:: DATA EXTRACT
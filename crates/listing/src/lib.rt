// The list of a station, written into an output that has room for it: the legs, and the pairs of passages.
#![tactic(auto)]

ghost use Rattle.std.specs.Prelude.{[], ◌∷◌, ◌<◌};
ghost use Rattle.words.specs.declared.LegLayout.TheVariants.{FourWords};
ghost use Rattle.words.specs.Words.{passage_count};
ghost use Rattle.soundness.specs.InWords.{list_in, plain_in};
ghost use Rattle.meeting.specs.Meeting.{those_meeting, legs_at, pairs_of, listed_words, pair_words};
ghost use Rattle.stations.specs.Chains.{leg_of};
ghost use Rattle.stations.specs.Counting.{present_from};
ghost use Rattle.listing.specs.Listing.{pairs_with};
ghost use Rattle.listing.specs.Writing.{HasRoom, HasWritten};

use legs::distance_in;
use stations::{Size, SoundBook, WrittenLeg};
use words::Limits;

// An output, and the place in it where the next word goes. That it has room is asked of the words that each function writes, which no
// invariant can say of all.
#[derive(Drop)]
pub struct Output<'a> {
    pub words: &'a mut [u64],
    pub at: usize,
}

impl<'a> Output<'a> {
    pub fn put(&mut self, word: u64)
        requires { HasRoom self.old (word ∷ []) }
        ensures { HasWritten self.old (word ∷ []) self.new }
    {
        self.words[self.at] = word;
        self.at += 1;
    }

    // Puts the two words of a leg, or of a pair: both at once, so that room is asked of once.
    fn put_two(&mut self, first: u64, second: u64)
        requires { HasRoom self.old (first ∷ second ∷ []) }
        ensures { HasWritten self.old (first ∷ second ∷ []) self.new }
    {
        self.words[self.at] = first;
        self.words[self.at + 1] = second;
        self.at += Size::ENTRY;
    }
}

fn write_leg(leg: WrittenLeg, station: u16, out: &mut Output)
    requires { HasRoom out.old (listed_words (those_meeting station (leg_of leg ∷ []))) }
    ensures { HasWritten out.old (listed_words (those_meeting station (leg_of leg ∷ []))) out.new }
{
    if leg.is_at(station) {
        let number = u64::from(leg.number);
        let distance = distance_in(leg.measure);
        out.put_two(number, distance);
    }
}

// Writes the legs of a passage that are there, newest first.
fn write_passage(book: SoundBook, station: u16, passage: u16, out: &mut Output)
    requires { (passage < passage_count) × HasRoom out.old (listed_words (those_meeting station (list_in FourWords book.words.now passage))) }
    ensures { HasWritten out.old (listed_words (those_meeting station (list_in FourWords book.entry.words.now passage))) out.new }
{
    for leg in book.legs_of(passage) {
        write_leg(leg, station, out);
    }
}

// Writes the legs that are there, by rising passage.
pub fn write_legs(book: SoundBook, station: u16, out: &mut Output)
    requires { HasRoom out.old (listed_words (legs_at station (plain_in FourWords book.words.now))) }
    ensures { HasWritten out.old (listed_words (legs_at station (plain_in FourWords book.entry.words.now))) out.new }
{
    for passage in 0..Limits::PASSAGES {
        write_passage(book, station, passage, out);
    }
}

// Writes the pairs in which a passage is the lower one.
fn write_pairs_with(counts: [usize; Limits::PASSAGES as usize], lower: usize, out: &mut Output)
    requires { (lower < passage_count) × HasRoom out.old (pair_words (pairs_with counts lower)) }
    ensures { HasWritten out.old (pair_words (pairs_with counts lower)) out.new }
{
    if counts[lower] == 0 {
        return;
    }
    for higher in lower + 1..Limits::PASSAGES as usize {
        if counts[higher] != 0 {
            out.put_two(lower as u64, higher as u64);
        }
    }
}

// Writes the pairs of the passages that have a leg there.
pub fn write_pairs(counts: [usize; Limits::PASSAGES as usize], out: &mut Output)
    requires { HasRoom out.old (pair_words (pairs_of (present_from 0 counts))) }
    ensures { HasWritten out.old (pair_words (pairs_of (present_from 0 counts))) out.new }
{
    for lower in 0..Limits::PASSAGES as usize {
        write_pairs_with(counts, lower, out);
    }
}
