/// Loads a module for instances.
#[unsafe(no_mangle)]
pub extern "C" fn sandbox_plugin_load(
    alloc: Global,
    plugin: &mut Handle,
    bytes: &'static [u8],
    limits: &SessionLimits,
    floats: u32,
    why: &mut Why,
) -> u32
    ensures misuse { is_none plugin.old.held ≡ false
        → (result ≡ 100) × (plugin.new ≡ plugin.old) × (why.new ≡ why.old) }
    ensures loaded { is_none plugin.old.held ≡ true → result ≡ 0
        → IsSomeAnd (plugin_of plugin.new.held)
        (λ p. IsLoadedWith (profile_of floats) bytes.now (ready_at p).valid
        × ((ready_at p).pages ≡ most_pages limits.now) × (goes_on_at p ≡ false))
        × (why.new ≡ why.old) }
    ensures refused { is_none plugin.old.held ≡ true → result ≢ 0 → (plugin.new.held ≡ None)
        × NotPluggedWith false (profile_of floats) bytes.now limits.now result why.old why.new }
    ensures bytes { result ≡ 0 → bytes_of plugin.new.held ≡ bytes.now }
{
    sandbox_host::load_plugin(alloc, plugin, bytes, limits, floats, why)
}

/// Loads a module for instances whose input may go on.
#[unsafe(no_mangle)]
pub extern "C" fn sandbox_plugin_load_fed(
    alloc: Global,
    plugin: &mut Handle,
    bytes: &'static [u8],
    limits: &SessionLimits,
    floats: u32,
    why: &mut Why,
) -> u32
    ensures misuse { is_none plugin.old.held ≡ false
        → (result ≡ 100) × (plugin.new ≡ plugin.old) × (why.new ≡ why.old) }
    ensures loaded { is_none plugin.old.held ≡ true → result ≡ 0
        → IsSomeAnd (plugin_of plugin.new.held)
        (λ p. IsLoadedWith (profile_of floats) bytes.now (ready_at p).valid
        × ((ready_at p).pages ≡ most_pages limits.now) × (goes_on_at p ≡ true))
        × (why.new ≡ why.old) }
    ensures refused { is_none plugin.old.held ≡ true → result ≢ 0 → (plugin.new.held ≡ None)
        × NotPluggedWith true (profile_of floats) bytes.now limits.now result why.old why.new }
    ensures bytes { result ≡ 0 → bytes_of plugin.new.held ≡ bytes.now }
{
    sandbox_host::load_plugin_fed(alloc, plugin, bytes, limits, floats, why)
}

/// Gives a second handle the same module for instances.
#[unsafe(no_mangle)]
pub extern "C" fn sandbox_plugin_share(
    alloc: Global,
    other: &mut Handle,
    plugin: &mut Handle,
) -> u32
    ensures misuse { (is_none other.old.held ≡ false) ⊎ (is_none (plugin_of plugin.old.held) ≡ true)
        → (result ≡ 100) × (other.new.held ≡ other.old.held) }
    ensures shared { is_none other.old.held ≡ true → IfSome (plugin_of plugin.old.held)
        (λ ready. result ≡ 0 → plugin_of other.new.held ≡ Some ready) }
    ensures refused { is_none other.old.held ≡ true
        → IfSome (plugin_of plugin.old.held)
        (λ ready. result ≢ 0 → (result ≡ 40) × (other.new.held ≡ None)) }
    ensures bytes { result ≡ 0 → bytes_of other.new.held ≡ bytes_of plugin.old.held }
    ensures kept { plugin.new.held ≡ plugin.old.held }
{
    sandbox_host::share_plugin(alloc, other, plugin)
}

/// Copies the name of an import or an export.
#[unsafe(no_mangle)]
pub extern "C" fn sandbox_plugin_name(
    alloc: Global,
    plugin: &mut Handle,
    part: u32,
    index: usize,
    room: &mut [u8],
) -> usize
    ensures named { IfSome (plugin_of plugin.old.held)
        (λ p. IsNamed (ready_at p).valid part index room.old room.new result) }
    ensures misuse { is_none (plugin_of plugin.old.held) ≡ true → (result ≡ 2 ^ 64 - 1)
        × (room.new ≡ room.old) }
    ensures kept { plugin.new.held ≡ plugin.old.held }
{
    sandbox_host::plugin_name(alloc, plugin, part, index, room)
}

/// Discards a module for instances.
#[unsafe(no_mangle)]
pub extern "C" fn sandbox_plugin_unload(alloc: Global, plugin: &mut Handle) -> u32
    ensures misuse { has_plugin plugin.old.held ≡ false
        → (result ≡ 100) × (plugin.new.held ≡ plugin.old.held) }
    ensures closed { has_plugin plugin.old.held ≡ true → (result ≡ 0) × (plugin.new.held ≡ None) }
{
    sandbox_host::unload_plugin(alloc, plugin)
}

/// Makes an instance.
#[unsafe(no_mangle)]
pub extern "C" fn sandbox_instance_open(
    alloc: Global,
    instance: &mut Handle,
    plugin: &mut Handle,
    supplies: &Supplies<'static>,
    volume: &VolumeSource<'_>,
) -> u32
    ensures misuse { ((is_none instance.old.held ≡ false) ⊎ (is_none (origin_of volume.now) ≡ true))
        ⊎ (is_none (plugin_of plugin.old.held) ≡ true) → (result ≡ 100)
        × (instance.new.held ≡ instance.old.held) }
    ensures opened { is_none instance.old.held ≡ true → IfSome (origin_of volume.now) (λ origin.
        IfSome (plugin_of plugin.old.held) (λ ready. result ≡ 0
        → IsSomeAnd (living instance.new.held) (BeginsInstance ready supplies.now origin))) }
    ensures refused { is_none instance.old.held ≡ true → IfSome (origin_of volume.now) (λ origin.
        IfSome (plugin_of plugin.old.held) (λ ready. result ≢ 0
        → (instance.new.held ≡ None) × NotBegunInstance ready supplies.now origin result)) }
    ensures bytes { result ≡ 0 → bytes_of instance.new.held ≡ bytes_of plugin.old.held }
    ensures kept { plugin.new.held ≡ plugin.old.held }
{
    sandbox_host::open_instance(alloc, instance, plugin, supplies, volume)
}

/// Is about to enter an exported function.
#[unsafe(no_mangle)]
pub extern "C" fn sandbox_invoke(
    alloc: Global,
    instance: &mut Handle,
    name: &[u8],
    arguments: &[u64],
) -> u32
    ensures misuse { is_none (living instance.old.held) ≡ true
        → (result ≡ 100) × (instance.new.held ≡ instance.old.held) }
    ensures invoked { IfSome (living instance.old.held)
        (λ old. IsSomeAnd (living instance.new.held)
        (λ new. Answered result old new (Invokes old new name.now arguments.now)
        (NoCall old name.now arguments.now))) }
    ensures bytes { bytes_of instance.new.held ≡ bytes_of instance.old.held }
{
    sandbox_host::invoke(alloc, instance, name, arguments)
}

/// Lets the guest of an instance go on.
#[unsafe(no_mangle)]
pub extern "C" fn sandbox_go(
    alloc: Global,
    instance: &mut Handle,
    units: u64,
    told: &mut Told,
) -> u32
    ensures misuse { is_none (living instance.old.held) ≡ true
        → (result ≡ 100) × (instance.new.held ≡ instance.old.held) × (told.new ≡ told.old) }
    ensures went { IfSome (living instance.old.held)
        (λ old. IsSomeAnd (living instance.new.held)
        (λ new. Answered result old new (Went units old new told.new) (NoGoing old)
        × (result ≢ 0 → told.new ≡ told.old))) }
    ensures bytes { bytes_of instance.new.held ≡ bytes_of instance.old.held }
{
    sandbox_host::go(alloc, instance, units, told)
}

/// Copies the arguments of the host's function that is called, or the result.
#[unsafe(no_mangle)]
pub extern "C" fn sandbox_values(alloc: Global, instance: &mut Handle, room: &mut [u64]) -> usize
    ensures shown { IfSome (living instance.old.held)
        (λ s. IsHandedOver s room.old room.new result) }
    ensures none { is_none (living instance.old.held) ≡ true → (result ≡ 0)
        × (room.new ≡ room.old) }
    ensures kept { instance.new.held ≡ instance.old.held }
{
    sandbox_host::values(alloc, instance, room)
}

/// Answers the function of the host that was called.
#[unsafe(no_mangle)]
pub extern "C" fn sandbox_answer(alloc: Global, instance: &mut Handle, results: &[u64]) -> u32
    ensures misuse { is_none (living instance.old.held) ≡ true
        → (result ≡ 100) × (instance.new.held ≡ instance.old.held) }
    ensures answered { IfSome (living instance.old.held)
        (λ old. IsSomeAnd (living instance.new.held)
        (λ new. Answered result old new (Answers old new results.now) (NoAnswer old results.now))) }
    ensures bytes { bytes_of instance.new.held ≡ bytes_of instance.old.held }
{
    sandbox_host::answer(alloc, instance, results)
}

/// Lets what is at work go.
#[unsafe(no_mangle)]
pub extern "C" fn sandbox_abandon(alloc: Global, instance: &mut Handle) -> u32
    ensures misuse { is_none (living instance.old.held) ≡ true
        → (result ≡ 100) × (instance.new.held ≡ instance.old.held) }
    ensures abandoned { IfSome (living instance.old.held)
        (λ old. IsSomeAnd (living instance.new.held)
        (λ new. Answered result old new (Does old acts.abandoned new) (NoLettingGo old))) }
    ensures bytes { bytes_of instance.new.held ≡ bytes_of instance.old.held }
{
    sandbox_host::abandon(alloc, instance)
}

/// How many bytes memory has.
#[unsafe(no_mangle)]
pub extern "C" fn sandbox_memory_size(alloc: Global, instance: &mut Handle) -> usize
    ensures size { result ≡ length (memory instance.old.held) }
    ensures kept { instance.new.held ≡ instance.old.held }
{
    sandbox_host::memory_size(alloc, instance)
}

/// Reads bytes of memory.
#[unsafe(no_mangle)]
pub extern "C" fn sandbox_memory_read(
    alloc: Global,
    instance: &mut Handle,
    address: u32,
    room: &mut [u8],
) -> u32
    ensures misuse { is_none (living instance.old.held) ≡ true → (result ≡ 100)
        × (room.new ≡ room.old) }
    ensures read { IfSome (living instance.old.held)
        (λ s. IsRead (machine_at s).memory address room.old room.new result) }
    ensures kept { instance.new.held ≡ instance.old.held }
{
    sandbox_host::memory_read(alloc, instance, address, room)
}

/// Writes bytes into memory.
#[unsafe(no_mangle)]
pub extern "C" fn sandbox_memory_write(
    alloc: Global,
    instance: &mut Handle,
    address: u32,
    bytes: &[u8],
) -> u32
    ensures misuse { is_none (living instance.old.held) ≡ true
        → (result ≡ 100) × (instance.new.held ≡ instance.old.held) }
    ensures written { IfSome (living instance.old.held)
        (λ old. IsSomeAnd (living instance.new.held)
        (λ new. Answered result old new (Does old
        (acts.wrote (written (machine_at old).memory address bytes.now)) new)
        (NoWrite old address bytes.now))) }
    ensures bytes { bytes_of instance.new.held ≡ bytes_of instance.old.held }
{
    sandbox_host::memory_write(alloc, instance, address, bytes)
}

/// Hands over bytes of an instance's input.
#[unsafe(no_mangle)]
pub extern "C" fn sandbox_feed(alloc: Global, instance: &mut Handle, bytes: &[u8]) -> u32
    ensures misuse { is_none (living instance.old.held) ≡ true
        → (result ≡ 100) × (instance.new.held ≡ instance.old.held) }
    ensures fed { IfSome (living instance.old.held)
        (λ old. IsSomeAnd (living instance.new.held) (λ new. IsFed result old new bytes.now)) }
    ensures bytes { bytes_of instance.new.held ≡ bytes_of instance.old.held }
{
    sandbox_host::feed(alloc, instance, bytes)
}

/// Says that no more bytes of an instance's input come.
#[unsafe(no_mangle)]
pub extern "C" fn sandbox_feed_end(alloc: Global, instance: &mut Handle) -> u32
    ensures misuse { is_none (living instance.old.held) ≡ true
        → (result ≡ 100) × (instance.new.held ≡ instance.old.held) }
    ensures ended { IfSome (living instance.old.held)
        (λ old. (result ≡ 0) × IsSomeAnd (living instance.new.held) (EndsInput old)) }
    ensures bytes { bytes_of instance.new.held ≡ bytes_of instance.old.held }
{
    sandbox_host::feed_end(alloc, instance)
}

/// Commits an instance's calls, and ends it.
#[unsafe(no_mangle)]
pub extern "C" fn sandbox_instance_finish(alloc: Global, instance: &mut Handle) -> u32
    ensures misuse { is_none (living instance.old.held) ≡ true
        → (result ≡ 100) × (instance.new.held ≡ instance.old.held) }
    ensures finished { IfSome (living instance.old.held) (λ s.
        IsSomeAnd (left instance.new.held) (λ e. FinishesInstance s e result)) }
    ensures bytes { bytes_of instance.new.held ≡ bytes_of instance.old.held }
{
    sandbox_host::finish_instance(alloc, instance)
}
::::
__ASSIGNED TASK__: Which lines of the data contain the word "module"? Copy each one.

__OUTPUT BELOW__:
/// Loads a module for instances.
/// Loads a module for instances whose input may go on.
/// Gives a second handle the same module for instances.
/// Discards a module for instances.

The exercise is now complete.